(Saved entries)

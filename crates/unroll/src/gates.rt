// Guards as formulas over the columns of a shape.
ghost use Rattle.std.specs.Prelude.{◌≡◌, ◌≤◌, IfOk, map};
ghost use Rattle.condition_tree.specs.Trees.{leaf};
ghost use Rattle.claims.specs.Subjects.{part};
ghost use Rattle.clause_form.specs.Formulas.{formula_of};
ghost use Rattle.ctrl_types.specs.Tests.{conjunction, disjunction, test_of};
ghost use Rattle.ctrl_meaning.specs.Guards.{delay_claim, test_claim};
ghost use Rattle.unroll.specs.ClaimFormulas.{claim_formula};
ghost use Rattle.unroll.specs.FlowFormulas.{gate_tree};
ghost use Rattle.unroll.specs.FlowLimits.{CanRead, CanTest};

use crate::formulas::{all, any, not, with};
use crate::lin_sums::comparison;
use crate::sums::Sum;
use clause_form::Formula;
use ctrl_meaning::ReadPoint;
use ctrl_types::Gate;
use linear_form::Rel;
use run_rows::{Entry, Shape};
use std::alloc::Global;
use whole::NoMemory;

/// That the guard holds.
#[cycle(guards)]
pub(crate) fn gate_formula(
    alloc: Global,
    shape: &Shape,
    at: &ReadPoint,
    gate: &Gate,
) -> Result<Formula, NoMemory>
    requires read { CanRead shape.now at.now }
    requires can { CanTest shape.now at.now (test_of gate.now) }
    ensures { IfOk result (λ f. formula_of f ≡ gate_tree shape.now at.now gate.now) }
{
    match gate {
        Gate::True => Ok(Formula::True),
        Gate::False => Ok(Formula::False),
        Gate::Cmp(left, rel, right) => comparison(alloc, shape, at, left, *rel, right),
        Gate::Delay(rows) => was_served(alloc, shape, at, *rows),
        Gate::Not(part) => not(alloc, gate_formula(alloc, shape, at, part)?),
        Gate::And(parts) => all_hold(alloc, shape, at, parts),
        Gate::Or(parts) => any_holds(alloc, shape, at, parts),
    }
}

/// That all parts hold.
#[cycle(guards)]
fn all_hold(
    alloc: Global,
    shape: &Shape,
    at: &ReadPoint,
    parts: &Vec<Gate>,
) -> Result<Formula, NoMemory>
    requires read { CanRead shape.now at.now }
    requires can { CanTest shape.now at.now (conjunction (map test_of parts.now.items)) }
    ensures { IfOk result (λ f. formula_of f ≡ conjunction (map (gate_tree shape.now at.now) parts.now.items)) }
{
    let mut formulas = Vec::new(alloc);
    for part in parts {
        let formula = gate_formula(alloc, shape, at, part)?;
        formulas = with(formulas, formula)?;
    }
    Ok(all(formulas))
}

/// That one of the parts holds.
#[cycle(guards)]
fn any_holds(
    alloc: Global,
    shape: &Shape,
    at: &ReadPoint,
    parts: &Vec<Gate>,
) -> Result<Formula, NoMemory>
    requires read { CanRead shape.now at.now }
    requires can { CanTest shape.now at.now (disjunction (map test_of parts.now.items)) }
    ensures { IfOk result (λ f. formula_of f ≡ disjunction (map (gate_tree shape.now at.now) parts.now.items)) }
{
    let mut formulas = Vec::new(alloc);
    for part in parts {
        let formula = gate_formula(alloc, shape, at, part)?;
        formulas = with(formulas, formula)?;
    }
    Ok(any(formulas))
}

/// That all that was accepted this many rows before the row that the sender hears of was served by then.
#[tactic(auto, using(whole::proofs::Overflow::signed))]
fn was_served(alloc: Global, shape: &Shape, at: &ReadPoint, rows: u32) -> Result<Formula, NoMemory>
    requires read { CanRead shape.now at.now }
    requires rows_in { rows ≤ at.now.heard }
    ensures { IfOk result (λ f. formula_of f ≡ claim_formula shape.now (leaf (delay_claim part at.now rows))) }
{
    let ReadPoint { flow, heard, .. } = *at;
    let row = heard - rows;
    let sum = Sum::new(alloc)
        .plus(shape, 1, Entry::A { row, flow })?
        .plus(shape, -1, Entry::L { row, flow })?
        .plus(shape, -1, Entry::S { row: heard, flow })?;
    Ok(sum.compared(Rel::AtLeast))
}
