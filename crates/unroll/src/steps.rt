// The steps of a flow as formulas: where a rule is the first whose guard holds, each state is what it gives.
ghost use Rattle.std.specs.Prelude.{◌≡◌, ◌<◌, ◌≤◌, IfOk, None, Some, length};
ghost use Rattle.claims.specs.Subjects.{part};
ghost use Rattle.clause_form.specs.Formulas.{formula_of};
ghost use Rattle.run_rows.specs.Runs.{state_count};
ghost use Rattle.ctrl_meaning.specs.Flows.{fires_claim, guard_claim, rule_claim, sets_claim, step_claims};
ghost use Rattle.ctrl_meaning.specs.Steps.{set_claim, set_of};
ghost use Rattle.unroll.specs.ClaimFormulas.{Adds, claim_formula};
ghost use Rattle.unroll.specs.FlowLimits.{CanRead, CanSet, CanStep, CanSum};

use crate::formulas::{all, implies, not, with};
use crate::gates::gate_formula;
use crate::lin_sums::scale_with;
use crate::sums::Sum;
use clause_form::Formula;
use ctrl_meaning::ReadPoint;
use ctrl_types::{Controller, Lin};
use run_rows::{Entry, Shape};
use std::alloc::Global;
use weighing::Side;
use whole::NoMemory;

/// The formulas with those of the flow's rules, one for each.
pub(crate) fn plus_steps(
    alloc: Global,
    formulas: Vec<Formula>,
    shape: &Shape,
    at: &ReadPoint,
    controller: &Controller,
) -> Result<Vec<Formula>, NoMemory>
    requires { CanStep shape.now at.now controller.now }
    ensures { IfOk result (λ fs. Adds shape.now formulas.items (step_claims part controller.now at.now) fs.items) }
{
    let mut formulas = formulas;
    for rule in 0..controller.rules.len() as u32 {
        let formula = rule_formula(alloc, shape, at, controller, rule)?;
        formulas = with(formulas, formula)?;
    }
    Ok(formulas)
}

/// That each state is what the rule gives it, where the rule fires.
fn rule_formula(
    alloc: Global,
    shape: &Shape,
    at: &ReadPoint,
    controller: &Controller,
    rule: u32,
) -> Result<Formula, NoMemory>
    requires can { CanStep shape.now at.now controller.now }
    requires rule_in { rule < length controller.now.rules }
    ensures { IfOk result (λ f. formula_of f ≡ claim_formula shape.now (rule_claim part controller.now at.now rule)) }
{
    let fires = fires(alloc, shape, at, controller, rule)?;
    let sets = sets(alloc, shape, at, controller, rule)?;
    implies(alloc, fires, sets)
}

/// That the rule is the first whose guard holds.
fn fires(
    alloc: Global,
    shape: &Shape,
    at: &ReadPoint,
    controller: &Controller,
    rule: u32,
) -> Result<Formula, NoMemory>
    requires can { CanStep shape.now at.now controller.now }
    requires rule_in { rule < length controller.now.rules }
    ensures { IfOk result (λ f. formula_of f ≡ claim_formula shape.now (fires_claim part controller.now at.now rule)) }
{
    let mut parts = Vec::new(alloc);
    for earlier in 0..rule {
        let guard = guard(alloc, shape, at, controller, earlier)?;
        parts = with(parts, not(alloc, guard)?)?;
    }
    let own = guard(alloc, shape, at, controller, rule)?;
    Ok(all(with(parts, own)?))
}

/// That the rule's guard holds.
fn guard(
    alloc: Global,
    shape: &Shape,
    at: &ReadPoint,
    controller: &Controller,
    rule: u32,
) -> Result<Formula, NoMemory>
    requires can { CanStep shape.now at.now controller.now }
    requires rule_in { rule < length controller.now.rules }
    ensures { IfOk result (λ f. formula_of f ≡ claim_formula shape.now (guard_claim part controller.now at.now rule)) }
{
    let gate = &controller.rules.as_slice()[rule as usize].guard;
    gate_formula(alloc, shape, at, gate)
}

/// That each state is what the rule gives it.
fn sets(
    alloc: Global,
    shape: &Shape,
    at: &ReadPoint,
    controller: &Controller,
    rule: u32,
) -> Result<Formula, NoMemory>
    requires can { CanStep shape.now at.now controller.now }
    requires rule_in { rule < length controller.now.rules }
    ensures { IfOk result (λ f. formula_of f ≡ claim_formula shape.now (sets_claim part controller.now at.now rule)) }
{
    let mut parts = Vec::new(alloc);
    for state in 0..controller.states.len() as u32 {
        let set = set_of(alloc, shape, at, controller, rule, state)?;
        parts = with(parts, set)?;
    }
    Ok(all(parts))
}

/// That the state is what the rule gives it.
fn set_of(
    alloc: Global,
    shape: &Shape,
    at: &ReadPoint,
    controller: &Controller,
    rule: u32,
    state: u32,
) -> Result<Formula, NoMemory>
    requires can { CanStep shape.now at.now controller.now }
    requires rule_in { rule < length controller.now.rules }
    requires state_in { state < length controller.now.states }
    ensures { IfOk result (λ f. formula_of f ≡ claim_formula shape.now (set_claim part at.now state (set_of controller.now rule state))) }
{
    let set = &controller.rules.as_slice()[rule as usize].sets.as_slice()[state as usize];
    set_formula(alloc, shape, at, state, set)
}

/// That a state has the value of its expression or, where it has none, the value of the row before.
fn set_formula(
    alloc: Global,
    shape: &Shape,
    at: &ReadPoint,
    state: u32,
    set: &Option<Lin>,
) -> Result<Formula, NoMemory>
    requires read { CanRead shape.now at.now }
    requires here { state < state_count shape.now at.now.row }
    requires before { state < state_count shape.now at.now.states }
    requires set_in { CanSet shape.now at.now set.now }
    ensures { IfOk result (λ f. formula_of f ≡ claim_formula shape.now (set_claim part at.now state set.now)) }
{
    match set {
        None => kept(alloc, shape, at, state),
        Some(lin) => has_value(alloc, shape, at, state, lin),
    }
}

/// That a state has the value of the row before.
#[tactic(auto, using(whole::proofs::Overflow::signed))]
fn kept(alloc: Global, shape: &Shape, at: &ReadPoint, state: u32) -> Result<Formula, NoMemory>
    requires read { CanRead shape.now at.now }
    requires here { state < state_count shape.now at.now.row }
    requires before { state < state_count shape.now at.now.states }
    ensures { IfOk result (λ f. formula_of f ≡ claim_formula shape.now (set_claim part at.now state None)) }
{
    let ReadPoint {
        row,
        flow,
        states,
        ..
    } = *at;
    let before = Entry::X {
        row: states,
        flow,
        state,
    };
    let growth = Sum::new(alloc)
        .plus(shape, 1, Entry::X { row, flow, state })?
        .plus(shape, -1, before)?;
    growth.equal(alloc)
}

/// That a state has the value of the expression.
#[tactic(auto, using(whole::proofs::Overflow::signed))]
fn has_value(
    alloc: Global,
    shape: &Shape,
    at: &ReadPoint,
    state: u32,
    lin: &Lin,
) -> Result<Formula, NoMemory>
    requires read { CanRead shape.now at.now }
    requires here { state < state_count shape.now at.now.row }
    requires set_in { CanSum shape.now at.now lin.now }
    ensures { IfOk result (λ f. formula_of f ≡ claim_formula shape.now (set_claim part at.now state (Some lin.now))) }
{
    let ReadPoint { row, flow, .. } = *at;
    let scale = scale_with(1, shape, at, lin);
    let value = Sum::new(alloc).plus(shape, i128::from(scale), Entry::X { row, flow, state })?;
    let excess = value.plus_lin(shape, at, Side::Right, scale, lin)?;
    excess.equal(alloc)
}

--- Task directions ---
Go through the records above and copy every line with the word "gives".

--- Response area ---
// The steps of a flow as formulas: where a rule is the first whose guard holds, each state is what it gives.
/// That each state is what the rule gives it, where the rule fires.
/// That each state is what the rule gives it.
/// That the state is what the rule gives it.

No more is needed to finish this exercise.